YOUR GOAL
Reproduce only the lines that run from the line containing "pub fn is_end(&self) -> bool" to the end of the entries below, exactly as they stand.

[Stored data entries]
=-=-=-=-=

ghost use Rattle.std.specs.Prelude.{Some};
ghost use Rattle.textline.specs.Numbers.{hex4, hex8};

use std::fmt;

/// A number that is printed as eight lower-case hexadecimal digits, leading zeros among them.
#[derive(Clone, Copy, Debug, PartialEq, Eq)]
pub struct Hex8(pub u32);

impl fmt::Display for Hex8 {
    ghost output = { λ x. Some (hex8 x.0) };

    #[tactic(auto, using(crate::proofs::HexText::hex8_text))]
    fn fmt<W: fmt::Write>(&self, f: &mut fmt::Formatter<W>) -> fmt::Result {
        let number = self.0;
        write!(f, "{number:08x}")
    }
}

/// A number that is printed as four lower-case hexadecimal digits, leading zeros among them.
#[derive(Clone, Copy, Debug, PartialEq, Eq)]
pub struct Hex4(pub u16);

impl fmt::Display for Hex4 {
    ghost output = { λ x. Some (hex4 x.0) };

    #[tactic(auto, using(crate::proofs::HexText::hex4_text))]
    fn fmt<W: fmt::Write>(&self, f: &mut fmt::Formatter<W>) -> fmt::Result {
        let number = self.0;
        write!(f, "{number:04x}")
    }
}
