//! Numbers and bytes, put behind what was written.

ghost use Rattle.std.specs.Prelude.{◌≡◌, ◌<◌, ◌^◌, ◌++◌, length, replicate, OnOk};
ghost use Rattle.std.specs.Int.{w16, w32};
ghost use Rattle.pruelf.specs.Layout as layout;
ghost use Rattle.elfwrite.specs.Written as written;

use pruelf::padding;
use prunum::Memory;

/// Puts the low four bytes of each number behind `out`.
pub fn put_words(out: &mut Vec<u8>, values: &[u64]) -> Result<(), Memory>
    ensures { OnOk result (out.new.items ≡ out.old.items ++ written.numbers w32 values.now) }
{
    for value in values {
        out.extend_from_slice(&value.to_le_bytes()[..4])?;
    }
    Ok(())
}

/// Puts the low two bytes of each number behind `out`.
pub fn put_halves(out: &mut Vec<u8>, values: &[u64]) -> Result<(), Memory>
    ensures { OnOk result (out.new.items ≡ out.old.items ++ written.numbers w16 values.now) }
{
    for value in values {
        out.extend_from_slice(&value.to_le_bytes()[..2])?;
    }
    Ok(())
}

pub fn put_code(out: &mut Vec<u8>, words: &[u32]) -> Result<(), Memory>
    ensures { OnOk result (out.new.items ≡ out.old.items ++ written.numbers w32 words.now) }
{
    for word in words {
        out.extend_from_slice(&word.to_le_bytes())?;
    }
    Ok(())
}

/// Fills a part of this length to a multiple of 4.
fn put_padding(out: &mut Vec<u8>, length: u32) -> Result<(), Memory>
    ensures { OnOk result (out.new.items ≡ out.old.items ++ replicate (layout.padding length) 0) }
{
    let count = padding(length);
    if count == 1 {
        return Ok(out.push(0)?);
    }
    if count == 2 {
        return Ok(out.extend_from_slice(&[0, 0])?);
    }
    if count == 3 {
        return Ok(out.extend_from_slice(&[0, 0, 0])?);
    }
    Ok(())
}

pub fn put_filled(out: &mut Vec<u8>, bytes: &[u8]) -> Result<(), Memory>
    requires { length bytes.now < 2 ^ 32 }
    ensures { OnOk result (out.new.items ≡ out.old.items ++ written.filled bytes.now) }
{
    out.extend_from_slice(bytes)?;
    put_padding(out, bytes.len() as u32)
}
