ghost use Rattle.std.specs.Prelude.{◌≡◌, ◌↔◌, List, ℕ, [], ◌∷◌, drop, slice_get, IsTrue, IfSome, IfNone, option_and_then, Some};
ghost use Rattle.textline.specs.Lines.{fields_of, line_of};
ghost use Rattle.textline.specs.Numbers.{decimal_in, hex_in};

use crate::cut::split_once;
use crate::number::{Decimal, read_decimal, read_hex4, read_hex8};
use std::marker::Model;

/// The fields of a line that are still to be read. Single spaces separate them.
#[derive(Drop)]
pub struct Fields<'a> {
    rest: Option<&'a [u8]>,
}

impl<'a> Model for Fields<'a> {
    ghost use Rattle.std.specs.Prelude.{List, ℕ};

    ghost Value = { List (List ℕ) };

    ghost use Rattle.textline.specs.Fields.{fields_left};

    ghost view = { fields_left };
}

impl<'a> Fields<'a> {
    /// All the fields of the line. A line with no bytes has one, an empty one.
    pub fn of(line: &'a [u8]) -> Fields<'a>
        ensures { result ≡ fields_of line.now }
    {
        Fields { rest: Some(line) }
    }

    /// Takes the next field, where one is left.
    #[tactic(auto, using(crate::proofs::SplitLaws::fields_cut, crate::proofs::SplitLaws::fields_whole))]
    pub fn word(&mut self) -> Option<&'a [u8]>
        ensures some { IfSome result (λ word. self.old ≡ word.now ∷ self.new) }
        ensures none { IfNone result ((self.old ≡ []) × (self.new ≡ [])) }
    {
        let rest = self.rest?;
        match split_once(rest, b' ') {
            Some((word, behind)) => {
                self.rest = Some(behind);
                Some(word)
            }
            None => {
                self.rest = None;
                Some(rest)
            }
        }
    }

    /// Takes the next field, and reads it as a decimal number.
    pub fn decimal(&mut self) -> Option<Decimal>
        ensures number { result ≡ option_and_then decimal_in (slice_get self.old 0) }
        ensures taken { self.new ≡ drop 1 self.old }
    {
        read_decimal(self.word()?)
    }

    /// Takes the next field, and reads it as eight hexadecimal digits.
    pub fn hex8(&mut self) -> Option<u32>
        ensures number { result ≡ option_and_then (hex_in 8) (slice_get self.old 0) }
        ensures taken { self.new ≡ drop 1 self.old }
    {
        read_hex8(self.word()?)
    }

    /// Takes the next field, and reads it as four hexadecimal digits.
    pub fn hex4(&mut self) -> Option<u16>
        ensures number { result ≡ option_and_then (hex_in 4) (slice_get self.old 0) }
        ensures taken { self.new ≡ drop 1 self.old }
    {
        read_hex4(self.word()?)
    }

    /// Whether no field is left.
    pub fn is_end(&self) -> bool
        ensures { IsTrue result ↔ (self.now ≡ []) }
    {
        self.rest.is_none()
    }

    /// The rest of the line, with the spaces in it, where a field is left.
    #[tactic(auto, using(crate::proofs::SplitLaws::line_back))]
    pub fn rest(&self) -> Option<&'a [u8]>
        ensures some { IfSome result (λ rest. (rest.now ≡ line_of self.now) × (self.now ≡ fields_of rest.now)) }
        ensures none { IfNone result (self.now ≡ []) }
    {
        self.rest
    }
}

=-=-=-=-=

TASK OUTPUT
    pub fn is_end(&self) -> bool
        ensures { IsTrue result ↔ (self.now ≡ []) }
    {
        self.rest.is_none()
    }

    /// The rest of the line, with the spaces in it, where a field is left.
    #[tactic(auto, using(crate::proofs::SplitLaws::line_back))]
    pub fn rest(&self) -> Option<&'a [u8]>
        ensures some { IfSome result (λ rest. (rest.now ≡ line_of self.now) × (self.now ≡ fields_of rest.now)) }
        ensures none { IfNone result (self.now ≡ []) }
    {
        self.rest
    }
}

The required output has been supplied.